(Prompt):
Nothing but the lines from the one containing "let words = words_of(alloc, args.as_str())?;" to the end of the records below should be output, each exactly as written.

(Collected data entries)
* * * * *

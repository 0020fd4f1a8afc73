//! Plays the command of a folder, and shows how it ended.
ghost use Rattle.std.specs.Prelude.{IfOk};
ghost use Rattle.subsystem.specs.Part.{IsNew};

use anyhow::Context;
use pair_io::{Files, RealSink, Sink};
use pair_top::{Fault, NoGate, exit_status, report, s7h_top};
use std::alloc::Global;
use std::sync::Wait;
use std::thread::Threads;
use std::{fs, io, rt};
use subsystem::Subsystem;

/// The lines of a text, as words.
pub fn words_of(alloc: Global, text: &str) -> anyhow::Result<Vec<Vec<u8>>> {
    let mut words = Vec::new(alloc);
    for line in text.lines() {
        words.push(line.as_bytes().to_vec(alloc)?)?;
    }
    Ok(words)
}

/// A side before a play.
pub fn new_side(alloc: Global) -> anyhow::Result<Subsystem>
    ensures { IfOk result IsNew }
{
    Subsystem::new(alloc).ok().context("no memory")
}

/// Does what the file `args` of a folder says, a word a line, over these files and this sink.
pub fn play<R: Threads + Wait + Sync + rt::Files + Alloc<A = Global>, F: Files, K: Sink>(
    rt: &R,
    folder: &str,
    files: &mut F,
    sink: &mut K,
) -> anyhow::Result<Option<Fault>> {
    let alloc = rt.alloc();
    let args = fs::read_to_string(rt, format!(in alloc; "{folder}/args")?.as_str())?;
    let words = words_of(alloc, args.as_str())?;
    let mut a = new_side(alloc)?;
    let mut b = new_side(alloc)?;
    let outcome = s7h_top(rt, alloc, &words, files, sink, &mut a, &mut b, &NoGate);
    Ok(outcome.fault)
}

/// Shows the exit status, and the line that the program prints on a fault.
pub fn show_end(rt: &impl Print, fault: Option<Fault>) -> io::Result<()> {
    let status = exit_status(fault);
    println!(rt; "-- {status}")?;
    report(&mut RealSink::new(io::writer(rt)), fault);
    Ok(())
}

* * * * *

(Answer to the exercise):
    let words = words_of(alloc, args.as_str())?;
    let mut a = new_side(alloc)?;
    let mut b = new_side(alloc)?;
    let outcome = s7h_top(rt, alloc, &words, files, sink, &mut a, &mut b, &NoGate);
    Ok(outcome.fault)
}

/// Shows the exit status, and the line that the program prints on a fault.
pub fn show_end(rt: &impl Print, fault: Option<Fault>) -> io::Result<()> {
    let status = exit_status(fault);
    println!(rt; "-- {status}")?;
    report(&mut RealSink::new(io::writer(rt)), fault);
    Ok(())
}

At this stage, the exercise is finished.